What you should do — Exactly those lines that run from the one containing "result ≡ second_choice" through the last line of the entries below should be printed, and no others.

Data records —
★ ★ ★ ★ ★
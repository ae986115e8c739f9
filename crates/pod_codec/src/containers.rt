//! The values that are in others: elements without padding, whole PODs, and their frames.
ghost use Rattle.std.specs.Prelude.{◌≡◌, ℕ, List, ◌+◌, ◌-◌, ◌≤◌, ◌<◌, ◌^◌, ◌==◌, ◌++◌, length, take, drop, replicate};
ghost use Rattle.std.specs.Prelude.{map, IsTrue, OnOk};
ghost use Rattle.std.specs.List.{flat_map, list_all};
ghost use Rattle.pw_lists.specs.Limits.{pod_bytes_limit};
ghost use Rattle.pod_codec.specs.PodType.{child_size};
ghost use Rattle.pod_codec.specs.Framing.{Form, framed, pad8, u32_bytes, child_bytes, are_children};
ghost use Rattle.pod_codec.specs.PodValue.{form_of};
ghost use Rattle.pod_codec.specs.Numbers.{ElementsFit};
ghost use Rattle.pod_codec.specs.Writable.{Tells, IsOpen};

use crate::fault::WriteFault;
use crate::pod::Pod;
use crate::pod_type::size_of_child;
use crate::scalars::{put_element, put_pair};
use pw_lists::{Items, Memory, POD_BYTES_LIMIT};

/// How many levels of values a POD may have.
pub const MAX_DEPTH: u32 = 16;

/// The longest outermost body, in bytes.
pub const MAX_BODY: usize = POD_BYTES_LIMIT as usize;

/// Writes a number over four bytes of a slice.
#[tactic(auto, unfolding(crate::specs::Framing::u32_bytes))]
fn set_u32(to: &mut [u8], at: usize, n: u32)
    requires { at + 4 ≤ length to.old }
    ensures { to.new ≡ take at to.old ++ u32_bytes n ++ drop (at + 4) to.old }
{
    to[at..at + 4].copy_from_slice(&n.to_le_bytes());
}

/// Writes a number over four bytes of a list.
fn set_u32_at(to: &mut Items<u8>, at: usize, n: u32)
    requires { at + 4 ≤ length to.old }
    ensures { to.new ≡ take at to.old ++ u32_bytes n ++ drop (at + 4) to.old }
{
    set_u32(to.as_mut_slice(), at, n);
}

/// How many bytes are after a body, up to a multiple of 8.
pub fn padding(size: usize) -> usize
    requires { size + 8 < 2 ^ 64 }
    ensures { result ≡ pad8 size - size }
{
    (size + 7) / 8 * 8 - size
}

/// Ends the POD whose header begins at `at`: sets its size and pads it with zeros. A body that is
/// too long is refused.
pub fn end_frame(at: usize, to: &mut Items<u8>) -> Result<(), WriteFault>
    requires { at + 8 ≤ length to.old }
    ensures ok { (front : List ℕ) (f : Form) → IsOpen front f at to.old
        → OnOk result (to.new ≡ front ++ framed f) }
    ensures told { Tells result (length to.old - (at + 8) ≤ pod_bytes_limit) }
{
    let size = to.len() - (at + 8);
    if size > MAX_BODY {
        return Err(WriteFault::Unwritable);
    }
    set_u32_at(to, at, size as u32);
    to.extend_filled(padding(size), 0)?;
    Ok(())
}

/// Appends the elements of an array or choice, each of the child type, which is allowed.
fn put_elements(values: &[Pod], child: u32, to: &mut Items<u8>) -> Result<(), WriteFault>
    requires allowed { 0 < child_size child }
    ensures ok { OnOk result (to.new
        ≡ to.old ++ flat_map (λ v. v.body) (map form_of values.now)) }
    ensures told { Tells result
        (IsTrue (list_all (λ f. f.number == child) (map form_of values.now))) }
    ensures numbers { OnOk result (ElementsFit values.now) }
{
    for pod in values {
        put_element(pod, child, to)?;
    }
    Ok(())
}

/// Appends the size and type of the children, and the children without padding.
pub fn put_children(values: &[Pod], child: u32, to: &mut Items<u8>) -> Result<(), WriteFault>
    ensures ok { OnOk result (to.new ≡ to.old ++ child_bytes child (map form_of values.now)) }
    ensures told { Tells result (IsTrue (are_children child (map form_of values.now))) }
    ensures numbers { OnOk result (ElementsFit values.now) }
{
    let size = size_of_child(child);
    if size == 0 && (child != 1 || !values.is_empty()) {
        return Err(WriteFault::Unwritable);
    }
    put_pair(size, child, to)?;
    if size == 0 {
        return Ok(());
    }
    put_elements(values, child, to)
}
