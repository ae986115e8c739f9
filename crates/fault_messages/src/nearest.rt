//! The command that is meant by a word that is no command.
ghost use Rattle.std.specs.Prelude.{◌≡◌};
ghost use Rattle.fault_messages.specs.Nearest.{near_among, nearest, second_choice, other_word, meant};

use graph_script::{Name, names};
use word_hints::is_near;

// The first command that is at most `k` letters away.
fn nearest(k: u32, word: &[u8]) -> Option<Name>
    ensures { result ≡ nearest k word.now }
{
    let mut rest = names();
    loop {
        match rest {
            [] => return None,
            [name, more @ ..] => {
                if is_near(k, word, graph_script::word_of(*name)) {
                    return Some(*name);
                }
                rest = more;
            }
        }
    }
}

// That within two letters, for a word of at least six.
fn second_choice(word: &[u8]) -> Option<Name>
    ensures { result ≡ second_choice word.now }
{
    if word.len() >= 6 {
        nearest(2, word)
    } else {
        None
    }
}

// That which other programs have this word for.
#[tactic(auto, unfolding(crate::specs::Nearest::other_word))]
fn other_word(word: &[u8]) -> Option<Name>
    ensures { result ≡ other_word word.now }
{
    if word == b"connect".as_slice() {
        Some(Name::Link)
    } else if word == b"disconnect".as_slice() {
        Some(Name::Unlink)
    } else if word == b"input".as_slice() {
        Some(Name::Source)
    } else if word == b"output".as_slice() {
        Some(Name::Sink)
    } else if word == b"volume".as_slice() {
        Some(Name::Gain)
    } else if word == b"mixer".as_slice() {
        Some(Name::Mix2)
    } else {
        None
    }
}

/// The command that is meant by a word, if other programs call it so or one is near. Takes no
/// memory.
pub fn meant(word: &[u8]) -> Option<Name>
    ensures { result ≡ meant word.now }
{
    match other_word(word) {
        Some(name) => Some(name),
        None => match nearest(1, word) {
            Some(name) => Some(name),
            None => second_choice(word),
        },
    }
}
★ ★ ★ ★ ★
Final answer —
    ensures { result ≡ second_choice word.now }
{
    if word.len() >= 6 {
        nearest(2, word)
    } else {
        None
    }
}

// That which other programs have this word for.
#[tactic(auto, unfolding(crate::specs::Nearest::other_word))]
fn other_word(word: &[u8]) -> Option<Name>
    ensures { result ≡ other_word word.now }
{
    if word == b"connect".as_slice() {
        Some(Name::Link)
    } else if word == b"disconnect".as_slice() {
        Some(Name::Unlink)
    } else if word == b"input".as_slice() {
        Some(Name::Source)
    } else if word == b"output".as_slice() {
        Some(Name::Sink)
    } else if word == b"volume".as_slice() {
        Some(Name::Gain)
    } else if word == b"mixer".as_slice() {
        Some(Name::Mix2)
    } else {
        None
    }
}

/// The command that is meant by a word, if other programs call it so or one is near. Takes no
/// memory.
pub fn meant(word: &[u8]) -> Option<Name>
    ensures { result ≡ meant word.now }
{
    match other_word(word) {
        Some(name) => Some(name),
        None => match nearest(1, word) {
            Some(name) => Some(name),
            None => second_choice(word),
        },
    }
}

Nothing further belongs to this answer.